═══ Records for this task ═══

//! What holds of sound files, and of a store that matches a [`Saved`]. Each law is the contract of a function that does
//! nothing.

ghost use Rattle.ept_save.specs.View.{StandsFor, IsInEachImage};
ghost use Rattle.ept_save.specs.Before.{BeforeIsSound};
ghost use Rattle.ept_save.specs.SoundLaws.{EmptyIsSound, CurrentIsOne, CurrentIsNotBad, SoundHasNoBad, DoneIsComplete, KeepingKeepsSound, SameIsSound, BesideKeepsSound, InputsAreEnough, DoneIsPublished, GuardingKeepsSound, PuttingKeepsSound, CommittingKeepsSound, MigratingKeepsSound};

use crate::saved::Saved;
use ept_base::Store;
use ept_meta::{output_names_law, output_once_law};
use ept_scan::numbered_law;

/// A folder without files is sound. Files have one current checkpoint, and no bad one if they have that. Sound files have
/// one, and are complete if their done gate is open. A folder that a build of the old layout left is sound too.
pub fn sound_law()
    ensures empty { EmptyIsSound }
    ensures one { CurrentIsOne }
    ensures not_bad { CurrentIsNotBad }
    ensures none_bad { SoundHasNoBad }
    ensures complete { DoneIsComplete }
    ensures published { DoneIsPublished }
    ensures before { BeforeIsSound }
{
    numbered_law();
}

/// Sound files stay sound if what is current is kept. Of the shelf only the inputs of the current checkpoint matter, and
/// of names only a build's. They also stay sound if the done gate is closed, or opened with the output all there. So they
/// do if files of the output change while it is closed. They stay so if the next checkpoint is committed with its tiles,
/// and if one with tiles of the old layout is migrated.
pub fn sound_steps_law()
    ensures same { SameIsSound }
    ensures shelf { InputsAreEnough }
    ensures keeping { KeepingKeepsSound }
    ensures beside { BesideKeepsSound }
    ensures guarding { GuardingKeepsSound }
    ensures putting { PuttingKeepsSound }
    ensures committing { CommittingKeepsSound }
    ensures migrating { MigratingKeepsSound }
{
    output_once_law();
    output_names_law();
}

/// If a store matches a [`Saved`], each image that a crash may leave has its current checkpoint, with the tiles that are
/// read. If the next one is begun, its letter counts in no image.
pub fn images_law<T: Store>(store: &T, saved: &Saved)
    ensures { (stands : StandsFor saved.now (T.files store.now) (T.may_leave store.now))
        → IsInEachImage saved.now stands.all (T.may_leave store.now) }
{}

═══
═══ Records for this task ═══

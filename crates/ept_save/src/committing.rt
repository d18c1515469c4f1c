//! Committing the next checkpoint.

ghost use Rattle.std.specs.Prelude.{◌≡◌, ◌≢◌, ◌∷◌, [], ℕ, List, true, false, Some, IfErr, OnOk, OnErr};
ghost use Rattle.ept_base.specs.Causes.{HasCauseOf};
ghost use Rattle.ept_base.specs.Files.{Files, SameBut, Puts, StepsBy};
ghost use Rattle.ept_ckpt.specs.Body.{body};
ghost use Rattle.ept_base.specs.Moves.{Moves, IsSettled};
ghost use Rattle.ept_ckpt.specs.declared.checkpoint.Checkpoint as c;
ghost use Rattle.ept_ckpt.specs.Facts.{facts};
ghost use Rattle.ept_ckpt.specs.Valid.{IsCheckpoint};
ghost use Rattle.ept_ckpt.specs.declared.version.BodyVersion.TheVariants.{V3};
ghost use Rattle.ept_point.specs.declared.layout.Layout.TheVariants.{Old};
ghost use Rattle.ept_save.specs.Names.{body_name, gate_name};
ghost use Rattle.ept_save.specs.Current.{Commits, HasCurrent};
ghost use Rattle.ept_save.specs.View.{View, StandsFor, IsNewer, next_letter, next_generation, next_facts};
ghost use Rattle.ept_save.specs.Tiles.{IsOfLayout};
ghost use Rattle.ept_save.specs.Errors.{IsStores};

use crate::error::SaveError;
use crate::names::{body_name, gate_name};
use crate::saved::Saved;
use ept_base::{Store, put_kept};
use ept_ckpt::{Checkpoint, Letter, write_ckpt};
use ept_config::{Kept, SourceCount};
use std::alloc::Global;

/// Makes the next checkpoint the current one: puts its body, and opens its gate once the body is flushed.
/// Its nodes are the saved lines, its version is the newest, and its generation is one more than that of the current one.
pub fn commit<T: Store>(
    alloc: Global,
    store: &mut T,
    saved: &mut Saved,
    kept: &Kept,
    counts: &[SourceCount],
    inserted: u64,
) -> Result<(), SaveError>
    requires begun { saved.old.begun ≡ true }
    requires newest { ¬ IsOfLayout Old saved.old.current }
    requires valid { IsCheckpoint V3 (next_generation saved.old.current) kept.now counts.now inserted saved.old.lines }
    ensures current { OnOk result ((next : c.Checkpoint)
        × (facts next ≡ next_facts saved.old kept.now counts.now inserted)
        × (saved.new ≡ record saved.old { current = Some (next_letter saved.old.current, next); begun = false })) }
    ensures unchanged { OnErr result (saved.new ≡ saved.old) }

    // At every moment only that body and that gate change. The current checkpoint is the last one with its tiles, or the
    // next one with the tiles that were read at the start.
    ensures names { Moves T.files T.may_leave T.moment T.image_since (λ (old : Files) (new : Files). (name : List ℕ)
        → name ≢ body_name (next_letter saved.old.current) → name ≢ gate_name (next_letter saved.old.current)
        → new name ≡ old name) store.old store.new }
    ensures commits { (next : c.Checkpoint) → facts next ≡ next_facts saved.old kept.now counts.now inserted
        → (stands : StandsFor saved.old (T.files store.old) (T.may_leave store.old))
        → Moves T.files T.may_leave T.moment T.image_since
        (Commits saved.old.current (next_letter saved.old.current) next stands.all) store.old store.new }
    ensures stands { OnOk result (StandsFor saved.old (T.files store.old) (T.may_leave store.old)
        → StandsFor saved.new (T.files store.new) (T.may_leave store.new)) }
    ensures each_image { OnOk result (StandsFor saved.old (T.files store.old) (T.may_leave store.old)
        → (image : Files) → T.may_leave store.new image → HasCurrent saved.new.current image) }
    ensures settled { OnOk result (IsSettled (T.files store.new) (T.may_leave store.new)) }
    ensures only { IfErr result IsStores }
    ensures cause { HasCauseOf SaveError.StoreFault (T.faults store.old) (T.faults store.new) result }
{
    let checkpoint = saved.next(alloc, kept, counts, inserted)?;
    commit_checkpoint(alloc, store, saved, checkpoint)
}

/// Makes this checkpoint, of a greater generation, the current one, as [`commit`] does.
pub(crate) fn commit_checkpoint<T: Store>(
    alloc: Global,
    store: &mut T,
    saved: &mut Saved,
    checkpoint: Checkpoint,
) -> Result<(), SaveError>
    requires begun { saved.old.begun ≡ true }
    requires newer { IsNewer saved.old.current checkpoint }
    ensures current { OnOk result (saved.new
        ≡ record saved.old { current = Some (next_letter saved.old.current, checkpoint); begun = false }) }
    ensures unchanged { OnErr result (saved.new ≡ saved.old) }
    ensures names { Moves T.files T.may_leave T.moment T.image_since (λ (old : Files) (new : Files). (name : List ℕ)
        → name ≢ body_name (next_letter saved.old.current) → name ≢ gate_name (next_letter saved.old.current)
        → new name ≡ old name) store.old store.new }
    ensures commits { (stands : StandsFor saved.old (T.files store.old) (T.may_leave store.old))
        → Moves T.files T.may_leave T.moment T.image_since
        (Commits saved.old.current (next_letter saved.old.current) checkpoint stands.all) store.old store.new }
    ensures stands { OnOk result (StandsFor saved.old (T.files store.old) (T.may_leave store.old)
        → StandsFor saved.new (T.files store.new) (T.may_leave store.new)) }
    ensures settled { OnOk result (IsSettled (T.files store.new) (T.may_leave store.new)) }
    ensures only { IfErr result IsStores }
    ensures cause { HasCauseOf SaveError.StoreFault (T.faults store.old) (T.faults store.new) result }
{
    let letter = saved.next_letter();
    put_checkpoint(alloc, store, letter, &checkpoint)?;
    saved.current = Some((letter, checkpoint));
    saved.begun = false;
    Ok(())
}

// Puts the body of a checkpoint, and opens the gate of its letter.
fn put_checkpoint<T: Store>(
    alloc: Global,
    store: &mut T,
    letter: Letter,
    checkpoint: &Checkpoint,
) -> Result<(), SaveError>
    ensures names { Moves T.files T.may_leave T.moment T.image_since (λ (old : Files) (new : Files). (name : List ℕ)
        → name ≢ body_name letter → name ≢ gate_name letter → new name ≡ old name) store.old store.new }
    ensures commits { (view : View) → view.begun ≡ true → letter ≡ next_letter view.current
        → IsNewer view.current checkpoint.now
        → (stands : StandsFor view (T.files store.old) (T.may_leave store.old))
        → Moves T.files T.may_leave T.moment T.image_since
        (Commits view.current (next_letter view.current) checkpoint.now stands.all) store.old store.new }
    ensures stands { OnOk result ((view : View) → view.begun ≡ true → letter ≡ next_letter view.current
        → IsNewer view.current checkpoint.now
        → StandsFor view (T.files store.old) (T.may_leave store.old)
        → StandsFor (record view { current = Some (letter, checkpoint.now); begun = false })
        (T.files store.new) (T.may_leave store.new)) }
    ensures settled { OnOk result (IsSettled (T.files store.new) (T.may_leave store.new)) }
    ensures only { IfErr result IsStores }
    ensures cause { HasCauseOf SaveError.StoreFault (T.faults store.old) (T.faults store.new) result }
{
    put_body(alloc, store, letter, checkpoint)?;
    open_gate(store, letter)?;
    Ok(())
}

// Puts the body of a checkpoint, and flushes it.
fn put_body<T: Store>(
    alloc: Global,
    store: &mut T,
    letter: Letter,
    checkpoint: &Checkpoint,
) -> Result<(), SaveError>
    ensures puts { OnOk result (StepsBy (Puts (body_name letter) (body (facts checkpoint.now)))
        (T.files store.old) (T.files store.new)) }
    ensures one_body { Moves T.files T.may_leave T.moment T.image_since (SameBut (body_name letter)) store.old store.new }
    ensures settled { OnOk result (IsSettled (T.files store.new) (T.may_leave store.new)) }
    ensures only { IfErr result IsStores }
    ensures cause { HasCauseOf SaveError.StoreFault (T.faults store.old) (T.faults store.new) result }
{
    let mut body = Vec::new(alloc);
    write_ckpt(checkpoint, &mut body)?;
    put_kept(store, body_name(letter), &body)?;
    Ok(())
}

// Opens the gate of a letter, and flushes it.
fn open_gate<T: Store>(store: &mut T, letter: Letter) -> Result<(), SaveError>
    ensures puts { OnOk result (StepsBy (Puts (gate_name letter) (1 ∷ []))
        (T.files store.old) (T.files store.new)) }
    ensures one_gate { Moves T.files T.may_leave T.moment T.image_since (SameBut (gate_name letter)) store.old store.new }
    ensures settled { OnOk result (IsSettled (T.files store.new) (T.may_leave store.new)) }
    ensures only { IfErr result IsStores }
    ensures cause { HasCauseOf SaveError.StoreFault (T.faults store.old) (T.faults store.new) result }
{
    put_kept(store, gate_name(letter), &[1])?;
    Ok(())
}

═══

• _About this exercise_: All lines in the preceding records that hold the word "SameBut" need to be copied.

• _Solution for this task_:
ghost use Rattle.ept_base.specs.Files.{Files, SameBut, Puts, StepsBy};
    ensures one_body { Moves T.files T.may_leave T.moment T.image_since (SameBut (body_name letter)) store.old store.new }
    ensures one_gate { Moves T.files T.may_leave T.moment T.image_since (SameBut (gate_name letter)) store.old store.new }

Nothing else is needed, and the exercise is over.